What is needed:
Are you able to retype all the records below exactly?

[Records drawn from a dataset]
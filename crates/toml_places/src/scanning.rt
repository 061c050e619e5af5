//! Finds the places of a TOML text.

use crate::places::{OwnedStep, Place};
use crate::skipping::{after_char, after_line, after_mark, after_scalar, head_key, key_and_value};
use std::alloc::{AllocError, Global};
use toml_parser::text::{first, skip_blank};
use toml_parser::{Key, ParseError};

/// The places of a text, in its order: of heads, and of keys and items in at most `depth` brackets of a value. Of a
/// text that is no TOML they are those before the fault.
///
/// The error says that memory ran out.
pub fn places_in(alloc: Global, text: &str, depth: usize) -> Result<Vec<Place>, AllocError> {
    let mut scan = Scan {
        alloc,
        text,
        depth,
        path: Vec::new(alloc),
        section: 0,
        open: Vec::new(alloc),
        places: Vec::new(alloc),
    };
    match scan.read_text() {
        Err(ParseError::OutOfMemory) => Err(AllocError),
        Ok(()) | Err(ParseError::At(..)) => Ok(scan.places),
    }
}

/// A text that is read, and what was found in it.
#[derive(Drop)]
struct Scan<'a> {
    alloc: Global,
    text: &'a str,
    depth: usize,
    /// The steps to what is read.
    path: Vec<OwnedStep>,
    /// How many first steps lead to the section.
    section: usize,
    /// For each bracket that is open: how many first steps lead to what it opens.
    open: Vec<usize>,
    places: Vec<Place>,
}

impl Scan<'_> {
    /// Reads all heads and pairs.
    fn read_text(&mut self) -> Result<(), ParseError> {
        let text = self.text;
        let mut rest = text.strip_prefix('\u{feff}').unwrap_or(text);
        for _ in 0..text.len() {
            rest = skip_blank(rest, true);
            if rest.is_empty() {
                return Ok(());
            }
            rest = after_line(self.read_entry(rest)?);
        }
        Ok(())
    }

    /// Reads a head or a pair. Returns what follows it.
    fn read_entry<'b>(&mut self, entry: &'b str) -> Result<&'b str, ParseError> {
        if first(entry) == b'[' {
            self.read_head(entry)
        } else {
            self.path.truncate(self.section);
            self.read_pair(entry)
        }
    }

    /// Reads the head of a section. Returns what follows its name.
    fn read_head<'b>(&mut self, head: &'b str) -> Result<&'b str, ParseError> {
        self.path.clear();
        let (key, after) = head_key(self.alloc, head)?;
        self.enter_section(key)?;
        if head.starts_with("[[") {
            self.enter_next_item()?;
        }
        self.section = self.path.len();
        let count = self.places.len();
        self.add(head, after)?;
        self.close_places(count, after);
        Ok(after)
    }

    /// Reads a key and its value. Returns what follows the value.
    fn read_pair<'b>(&mut self, pair: &'b str) -> Result<&'b str, ParseError> {
        let count = self.places.len();
        let value = self.read_key(pair)?;
        let after = self.read_value(value)?;
        self.close_places(count, after);
        Ok(after)
    }

    /// Reads a key. Returns the text from its value on.
    fn read_key<'b>(&mut self, pair: &'b str) -> Result<&'b str, ParseError> {
        let (key, value) = key_and_value(self.alloc, pair)?;
        self.enter_key(key)?;
        self.add(pair, value)?;
        Ok(value)
    }

    /// Reads a value. Returns what follows it.
    fn read_value<'b>(&mut self, value: &'b str) -> Result<&'b str, ParseError> {
        self.open.clear();
        let mut rest = value;
        for _ in 0..value.len() {
            rest = self.read_token(rest)?;
            if self.open.is_empty() {
                return Ok(rest);
            }
            rest = skip_blank(rest, true);
            if rest.is_empty() {
                return Ok(rest);
            }
        }
        Ok(rest)
    }

    /// Reads a bracket, a comma, or a value that has no bracket. Returns what follows it; of a member of a table the
    /// text from its value on.
    fn read_token<'b>(&mut self, token: &'b str) -> Result<&'b str, ParseError> {
        match first(token) {
            b'[' | b'{' => self.read_opening(token),
            b',' => self.read_comma(token),
            b']' | b'}' => {
                let steps = self.open.pop().unwrap_or(0);
                self.path.truncate(steps);
                Ok(after_char(token))
            }
            _ => after_scalar(self.alloc, token),
        }
    }

    /// Reads a bracket that opens an array or a table, and a first key in it.
    fn read_opening<'b>(&mut self, opening: &'b str) -> Result<&'b str, ParseError> {
        self.open.push(self.path.len())?;
        let inner = after_mark(opening);
        if self.open.len() > self.depth {
            Ok(inner)
        } else if first(opening) == b'{' {
            self.read_member(inner)
        } else {
            self.read_item(inner, 0)
        }
    }

    /// Reads a comma, and a key after it.
    fn read_comma<'b>(&mut self, comma: &'b str) -> Result<&'b str, ParseError> {
        let inner = after_mark(comma);
        let steps = self.open.last().copied().unwrap_or(0);
        let number = match self.path.get(steps) {
            Some(OwnedStep::Item(item)) => Some(item.saturating_add(1)),
            Some(OwnedStep::Key(_)) => None,
            None => return Ok(inner),
        };
        self.path.truncate(steps);
        match number {
            Some(item) => self.read_item(inner, item),
            None => self.read_member(inner),
        }
    }

    /// Reads the key of a member of a table, if there is one.
    fn read_member<'b>(&mut self, member: &'b str) -> Result<&'b str, ParseError> {
        if first(member) == b'}' {
            Ok(member)
        } else {
            self.read_key(member)
        }
    }

    /// Adds the place of an item of an array, if there is one. Returns the item.
    fn read_item<'b>(&mut self, item: &'b str, number: usize) -> Result<&'b str, ParseError> {
        if !item.is_empty() && first(item) != b']' {
            self.path.push(OwnedStep::Item(number))?;
            self.add(item, item)?;
        }
        Ok(item)
    }

    /// Takes the steps to the value of a key.
    fn enter_key(&mut self, key: Key) -> Result<(), AllocError> {
        let Key { mut path, last } = key;
        path.push(last)?;
        for name in path {
            self.path.push(OwnedStep::Key(name))?;
        }
        Ok(())
    }

    /// Takes the steps to the section of a head: through an array to its last item.
    fn enter_section(&mut self, key: Key) -> Result<(), AllocError> {
        let Key { mut path, last } = key;
        path.push(last)?;
        for name in path {
            self.enter_last_item(name)?;
        }
        Ok(())
    }

    /// Takes the step to the value of a key, and if that is an array with heads, to its last item.
    fn enter_last_item(&mut self, name: String) -> Result<(), AllocError> {
        self.path.push(OwnedStep::Key(name))?;
        if let Some(number) = self.last_item() {
            self.path.push(OwnedStep::Item(number))?;
        }
        Ok(())
    }

    /// Takes the step to a further item of an array.
    fn enter_next_item(&mut self) -> Result<(), AllocError> {
        if let Some(OwnedStep::Item(number)) = self.path.last_mut() {
            *number = number.saturating_add(1);
            return Ok(());
        }
        self.path.push(OwnedStep::Item(0))?;
        Ok(())
    }

    /// The number of the last item that was found of the value to which the path leads.
    fn last_item(&self) -> Option<usize> {
        self.places
            .iter()
            .rev()
            .find_map(|place| place.item_in(self.path.as_slice()))
    }

    /// Adds the place to which the path leads. It stands at `start`, and its value at `value`.
    fn add(&mut self, start: &str, value: &str) -> Result<(), AllocError> {
        let start = self.before(start);
        let value = self.before(value);
        let steps = self.path.clone()?;
        self.places.push(Place {
            steps,
            start,
            value,
            end: None,
        })?;
        Ok(())
    }

    /// Says of all places but the first `count` where their pair ends.
    fn close_places(&mut self, count: usize, after: &str) {
        let end = Some(self.before(after));
        for place in self.places.iter_mut().skip(count) {
            place.end = end;
        }
    }

    /// How many bytes are before the rest of the text.
    fn before(&self, rest: &str) -> usize {
        self.text.len().saturating_sub(rest.len())
    }
}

Solution to this task:
filename crates/toml_places/src/scanning.rt
repository 061c050e619e5af5
//! Finds the places of a TOML text.

use crate::places::{OwnedStep, Place};
use crate::skipping::{after_char, after_line, after_mark, after_scalar, head_key, key_and_value};
use std::alloc::{AllocError, Global};
use toml_parser::text::{first, skip_blank};
use toml_parser::{Key, ParseError};

/// The places of a text, in its order: of heads, and of keys and items in at most `depth` brackets of a value. Of a
/// text that is no TOML they are those before the fault.
///
/// The error says that memory ran out.
pub fn places_in(alloc: Global, text: &str, depth: usize) -> Result<Vec<Place>, AllocError> {
    let mut scan = Scan {
        alloc,
        text,
        depth,
        path: Vec::new(alloc),
        section: 0,
        open: Vec::new(alloc),
        places: Vec::new(alloc),
    };
    match scan.read_text() {
        Err(ParseError::OutOfMemory) => Err(AllocError),
        Ok(()) | Err(ParseError::At(..)) => Ok(scan.places),
    }
}

/// A text that is read, and what was found in it.
#[derive(Drop)]
struct Scan<'a> {
    alloc: Global,
    text: &'a str,
    depth: usize,
    /// The steps to what is read.
    path: Vec<OwnedStep>,
    /// How many first steps lead to the section.
    section: usize,
    /// For each bracket that is open: how many first steps lead to what it opens.
    open: Vec<usize>,
    places: Vec<Place>,
}

impl Scan<'_> {
    /// Reads all heads and pairs.
    fn read_text(&mut self) -> Result<(), ParseError> {
        let text = self.text;
        let mut rest = text.strip_prefix('\u{feff}').unwrap_or(text);
        for _ in 0..text.len() {
            rest = skip_blank(rest, true);
            if rest.is_empty() {
                return Ok(());
            }
            rest = after_line(self.read_entry(rest)?);
        }
        Ok(())
    }

    /// Reads a head or a pair. Returns what follows it.
    fn read_entry<'b>(&mut self, entry: &'b str) -> Result<&'b str, ParseError> {
        if first(entry) == b'[' {
            self.read_head(entry)
        } else {
            self.path.truncate(self.section);
            self.read_pair(entry)
        }
    }

    /// Reads the head of a section. Returns what follows its name.
    fn read_head<'b>(&mut self, head: &'b str) -> Result<&'b str, ParseError> {
        self.path.clear();
        let (key, after) = head_key(self.alloc, head)?;
        self.enter_section(key)?;
        if head.starts_with("[[") {
            self.enter_next_item()?;
        }
        self.section = self.path.len();
        let count = self.places.len();
        self.add(head, after)?;
        self.close_places(count, after);
        Ok(after)
    }

    /// Reads a key and its value. Returns what follows the value.
    fn read_pair<'b>(&mut self, pair: &'b str) -> Result<&'b str, ParseError> {
        let count = self.places.len();
        let value = self.read_key(pair)?;
        let after = self.read_value(value)?;
        self.close_places(count, after);
        Ok(after)
    }

    /// Reads a key. Returns the text from its value on.
    fn read_key<'b>(&mut self, pair: &'b str) -> Result<&'b str, ParseError> {
        let (key, value) = key_and_value(self.alloc, pair)?;
        self.enter_key(key)?;
        self.add(pair, value)?;
        Ok(value)
    }

    /// Reads a value. Returns what follows it.
    fn read_value<'b>(&mut self, value: &'b str) -> Result<&'b str, ParseError> {
        self.open.clear();
        let mut rest = value;
        for _ in 0..value.len() {
            rest = self.read_token(rest)?;
            if self.open.is_empty() {
                return Ok(rest);
            }
            rest = skip_blank(rest, true);
            if rest.is_empty() {
                return Ok(rest);
            }
        }
        Ok(rest)
    }

    /// Reads a bracket, a comma, or a value that has no bracket. Returns what follows it; of a member of a table the
    /// text from its value on.
    fn read_token<'b>(&mut self, token: &'b str) -> Result<&'b str, ParseError> {
        match first(token) {
            b'[' | b'{' => self.read_opening(token),
            b',' => self.read_comma(token),
            b']' | b'}' => {
                let steps = self.open.pop().unwrap_or(0);
                self.path.truncate(steps);
                Ok(after_char(token))
            }
            _ => after_scalar(self.alloc, token),
        }
    }

    /// Reads a bracket that opens an array or a table, and a first key in it.
    fn read_opening<'b>(&mut self, opening: &'b str) -> Result<&'b str, ParseError> {
        self.open.push(self.path.len())?;
        let inner = after_mark(opening);
        if self.open.len() > self.depth {
            Ok(inner)
        } else if first(opening) == b'{' {
            self.read_member(inner)
        } else {
            self.read_item(inner, 0)
        }
    }

    /// Reads a comma, and a key after it.
    fn read_comma<'b>(&mut self, comma: &'b str) -> Result<&'b str, ParseError> {
        let inner = after_mark(comma);
        let steps = self.open.last().copied().unwrap_or(0);
        let number = match self.path.get(steps) {
            Some(OwnedStep::Item(item)) => Some(item.saturating_add(1)),
            Some(OwnedStep::Key(_)) => None,
            None => return Ok(inner),
        };
        self.path.truncate(steps);
        match number {
            Some(item) => self.read_item(inner, item),
            None => self.read_member(inner),
        }
    }

    /// Reads the key of a member of a table, if there is one.
    fn read_member<'b>(&mut self, member: &'b str) -> Result<&'b str, ParseError> {
        if first(member) == b'}' {
            Ok(member)
        } else {
            self.read_key(member)
        }
    }

    /// Adds the place of an item of an array, if there is one. Returns the item.
    fn read_item<'b>(&mut self, item: &'b str, number: usize) -> Result<&'b str, ParseError> {
        if !item.is_empty() && first(item) != b']' {
            self.path.push(OwnedStep::Item(number))?;
            self.add(item, item)?;
        }
        Ok(item)
    }

    /// Takes the steps to the value of a key.
    fn enter_key(&mut self, key: Key) -> Result<(), AllocError> {
        let Key { mut path, last } = key;
        path.push(last)?;
        for name in path {
            self.path.push(OwnedStep::Key(name))?;
        }
        Ok(())
    }

    /// Takes the steps to the section of a head: through an array to its last item.
    fn enter_section(&mut self, key: Key) -> Result<(), AllocError> {
        let Key { mut path, last } = key;
        path.push(last)?;
        for name in path {
            self.enter_last_item(name)?;
        }
        Ok(())
    }

    /// Takes the step to the value of a key, and if that is an array with heads, to its last item.
    fn enter_last_item(&mut self, name: String) -> Result<(), AllocError> {
        self.path.push(OwnedStep::Key(name))?;
        if let Some(number) = self.last_item() {
            self.path.push(OwnedStep::Item(number))?;
        }
        Ok(())
    }

    /// Takes the step to a further item of an array.
    fn enter_next_item(&mut self) -> Result<(), AllocError> {
        if let Some(OwnedStep::Item(number)) = self.path.last_mut() {
            *number = number.saturating_add(1);
            return Ok(());
        }
        self.path.push(OwnedStep::Item(0))?;
        Ok(())
    }

    /// The number of the last item that was found of the value to which the path leads.
    fn last_item(&self) -> Option<usize> {
        self.places
            .iter()
            .rev()
            .find_map(|place| place.item_in(self.path.as_slice()))
    }

    /// Adds the place to which the path leads. It stands at `start`, and its value at `value`.
    fn add(&mut self, start: &str, value: &str) -> Result<(), AllocError> {
        let start = self.before(start);
        let value = self.before(value);
        let steps = self.path.clone()?;
        self.places.push(Place {
            steps,
            start,
            value,
            end: None,
        })?;
        Ok(())
    }

    /// Says of all places but the first `count` where their pair ends.
    fn close_places(&mut self, count: usize, after: &str) {
        let end = Some(self.before(after));
        for place in self.places.iter_mut().skip(count) {
            place.end = end;
        }
    }

    /// How many bytes are before the rest of the text.
    fn before(&self, rest: &str) -> usize {
        self.text.len().saturating_sub(rest.len())
    }
}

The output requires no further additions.